RECORDS FOR THE EXERCISE ▸
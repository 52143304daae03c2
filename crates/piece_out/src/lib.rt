// No code: that a piece taken out takes its own pairs with it and no other stands in specs/ and proofs/.
#![tactic(auto)]
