/// A cluster: transactions that dependencies connect, and an optimal order of them.
///
/// Each transaction has a name, a fee in satoshis and a size in virtual bytes. The cluster keeps who is an ancestor of whom, and
/// not the dependencies that this came from. The order stands in parts of falling feerate, each with the flows that certify it,
/// and no part can be split into two of the same feerate.
///
/// A call that makes a cluster fails only where there is no memory.
#[derive(Drop)]
pub struct Cluster<const W: usize> {
    // the name of each place of the graph; the places are the numbers from 0 on
    pub(crate) names: SmallVec<TxId, 2>,
    pub(crate) dep: DepGraph<W>,
    pub(crate) order: Order,
}

// Clauses see the names in the order of their places, the graph of the names, and the parts.
impl<const W: usize> Model for Cluster<W> {
    ghost use Rattle.std.specs.Prelude.{◌*◌};
    ghost use Rattle.cluster.specs.Clusters.{Cluster, cluster_code};
    ghost use Rattle.cluster.specs.Named.{named};
    ghost use Rattle.cluster.specs.Kept.{cut, IsKept};

    ghost Value = { Cluster };

    ghost coded = { cluster_code };

    ghost view = { λ c. record {
      names = c.names.items;
      graph = named c.names.items c.dep;
      parts = cut c.order.parts.items c.order.names.items c.order.flows.items;
    } };

    ghost invariant = { λ c.
        IsKept (64 * W) c.names.items c.dep c.order.parts.items c.order.names.items c.order.flows.items };
}
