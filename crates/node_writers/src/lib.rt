// A node line written, in text and in binary.
#![tactic(auto)]

pub mod binary;
pub mod text;
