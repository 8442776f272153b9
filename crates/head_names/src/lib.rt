// The lines of a header that hold names, written.
#![tactic(auto)]

ghost use Rattle.std.specs.Prelude.{[], ◌∷◌, ◌+◌, ◌≤◌, ◌<◌, length, get_or};
ghost use Rattle.codes.specs.Lent.{borrowed, seen};
ghost use Rattle.read_text.specs.Text.{place};
ghost use Rattle.export_names.specs.Names.{name_at, names_at};
ghost use Rattle.writers.specs.Words.{spaced};
ghost use Rattle.writers.specs.Written.{FitsOut, Written};
ghost use Rattle.heading.specs.Lines.{keyed_text, lines_text};
ghost use Rattle.heading.specs.Heading.{varname_lines};
ghost use Rattle.heading.specs.Tables.{Inside};
ghost use Rattle.head_names.specs.Promises.{SuppNamesAsks, SuppNamesPromise, OrderedNamesAsks, OrderedNamesPromise};
ghost use Rattle.head_names.specs.Promises.{NamesAsks, NameLinesPromise, RootnamesAsks, RootnamesPromise};

use codes::DDDMPVersion;

// Writes the name at a place.
pub fn put_place(out: &mut [u8], at: usize, bytes: &[u8], start: u32, len: u32) -> usize
    requires len_in_bounds { start + len ≤ length bytes.now }
    requires fits_out { FitsOut out.old at (name_at bytes.now (place start len)) }
    ensures { Written (borrowed out) at (name_at bytes.now (place start len)) result }
{
    let first = start as usize;
    let end = first + len as usize;
    writers::text::put_bytes(out, at, &bytes[first..end])
}

// Writes the name of an entry with a space before it.
fn put_name(
    out: &mut [u8],
    at: usize,
    bytes: &[u8],
    starts: &[u32],
    lens: &[u32],
    i: usize,
) -> usize
    requires inside { Inside bytes.now starts.now lens.now × (i < length lens.now) }
    requires fits_out { FitsOut out.old at (0x20 ∷ get_or (names_at bytes.now starts.now lens.now) i []) }
    ensures { Written (borrowed out) at (0x20 ∷ get_or (names_at bytes.now starts.now lens.now) i []) result }
{
    let next = writers::text::put_byte(out, at, b' ');
    put_place(out, next, bytes, starts[i], lens[i])
}

// Writes all names of a list, in its order.
fn put_names(out: &mut [u8], at: usize, bytes: &[u8], starts: &[u32], lens: &[u32]) -> usize
    requires inside { Inside bytes.now starts.now lens.now }
    requires fits_out { FitsOut out.old at (spaced (names_at bytes.now starts.now lens.now)) }
    ensures { Written (borrowed out) at (spaced (names_at bytes.now starts.now lens.now)) result }
{
    let mut next = at;
    for i in 0..lens.len() {
        next = put_name(out, next, bytes, starts, lens, i);
    }
    next
}

// Writes a line of a key and all names of a list.
fn write_list(
    out: &mut [u8],
    at: usize,
    key: &[u8],
    bytes: &[u8],
    starts: &[u32],
    lens: &[u32],
) -> usize
    requires inside { Inside bytes.now starts.now lens.now }
    requires fits_out { FitsOut out.old at (keyed_text key.now (names_at bytes.now starts.now lens.now)) }
    ensures { Written (borrowed out) at (keyed_text key.now (names_at bytes.now starts.now lens.now)) result }
{
    let names_at = writers::text::put_bytes(out, at, key);
    let end = put_names(out, names_at, bytes, starts, lens);
    writers::text::put_byte(out, end, b'\n')
}

// Writes the names of the support variables, in the order of the variables.
fn put_supp_names(
    out: &mut [u8],
    at: usize,
    bytes: &[u8],
    starts: &[u32],
    lens: &[u32],
    order: &[u16],
    seats: &[u16],
) -> usize
    requires { SuppNamesAsks out.old at bytes.now starts.now lens.now order.now seats.now }
    ensures { SuppNamesPromise (borrowed out) at (seen bytes) (seen starts) (seen lens) (seen order) (seen seats) result }
{
    let mut next = at;
    for v in 0..order.len() {
        if head_numbers::in_support(order, seats, v) {
            next = put_name(out, next, bytes, starts, lens, v);
        }
    }
    next
}

// Writes the names of all variables, in the order of the levels.
fn put_ordered_names(
    out: &mut [u8],
    at: usize,
    bytes: &[u8],
    starts: &[u32],
    lens: &[u32],
    order: &[u16],
    vars: &[u16],
) -> usize
    requires { OrderedNamesAsks out.old at bytes.now starts.now lens.now order.now vars.now }
    ensures { OrderedNamesPromise (borrowed out) at (seen bytes) (seen starts) (seen lens) (seen order) result }
{
    let mut next = at;
    for l in 0..order.len() {
        let variable = vars[l] as usize - 1;
        next = put_name(out, next, bytes, starts, lens, variable);
    }
    next
}

// Writes `.varnames`, in version 3.0.
#[tactic(auto, unfolding(heading::specs::Lines::lines_text))]
fn write_varnames(
    version: DDDMPVersion,
    out: &mut [u8],
    at: usize,
    bytes: &[u8],
    starts: &[u32],
    lens: &[u32],
) -> usize
    requires inside { Inside bytes.now starts.now lens.now }
    requires fits_out { FitsOut out.old at (lines_text (varname_lines version (names_at bytes.now starts.now lens.now))) }
    ensures { Written (borrowed out) at (lines_text (varname_lines version (names_at bytes.now starts.now lens.now))) result }
{
    match version {
        DDDMPVersion::V2_0 => at,
        DDDMPVersion::V3_0 => write_list(out, at, b".varnames", bytes, starts, lens),
    }
}

// Writes the lines of the variables' names.
pub fn write_names(
    version: DDDMPVersion,
    out: &mut [u8],
    at: usize,
    bytes: &[u8],
    starts: &[u32],
    lens: &[u32],
    order: &[u16],
    vars: &[u16],
    seats: &[u16],
) -> usize
    requires { NamesAsks out.old at bytes.now starts.now lens.now version order.now vars.now seats.now }
    ensures { NameLinesPromise (borrowed out) at (seen bytes) (seen starts) (seen lens) version (seen order) (seen seats) result }
{
    // With no variables there are no names either, and their lines are written empty.
    if lens.len() != order.len() {
        return at;
    }
    let supp_key = write_varnames(version, out, at, bytes, starts, lens);
    let supp_at = writers::text::put_bytes(out, supp_key, b".suppvarnames");
    let ordered_key = put_supp_names(out, supp_at, bytes, starts, lens, order, seats);
    let ordered_at = writers::text::put_bytes(out, ordered_key, b"\n.orderedvarnames");
    let end = put_ordered_names(out, ordered_at, bytes, starts, lens, order, vars);
    writers::text::put_byte(out, end, b'\n')
}

// Writes `.rootnames`, where the roots have names.
#[tactic(auto, unfolding(heading::specs::Lines::lines_text))]
pub fn write_rootnames(
    out: &mut [u8],
    at: usize,
    bytes: &[u8],
    starts: &[u32],
    lens: &[u32],
) -> usize
    requires { RootnamesAsks out.old at bytes.now starts.now lens.now }
    ensures { RootnamesPromise (borrowed out) at (seen bytes) (seen starts) (seen lens) result }
{
    if lens.len() == 0 {
        return at;
    }
    write_list(out, at, b".rootnames", bytes, starts, lens)
}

REQUIRED WORK ▸ Please state the number of lines above that hold the string "spaced", with nothing else added.

RESULT FOR THIS EXERCISE ▸ 3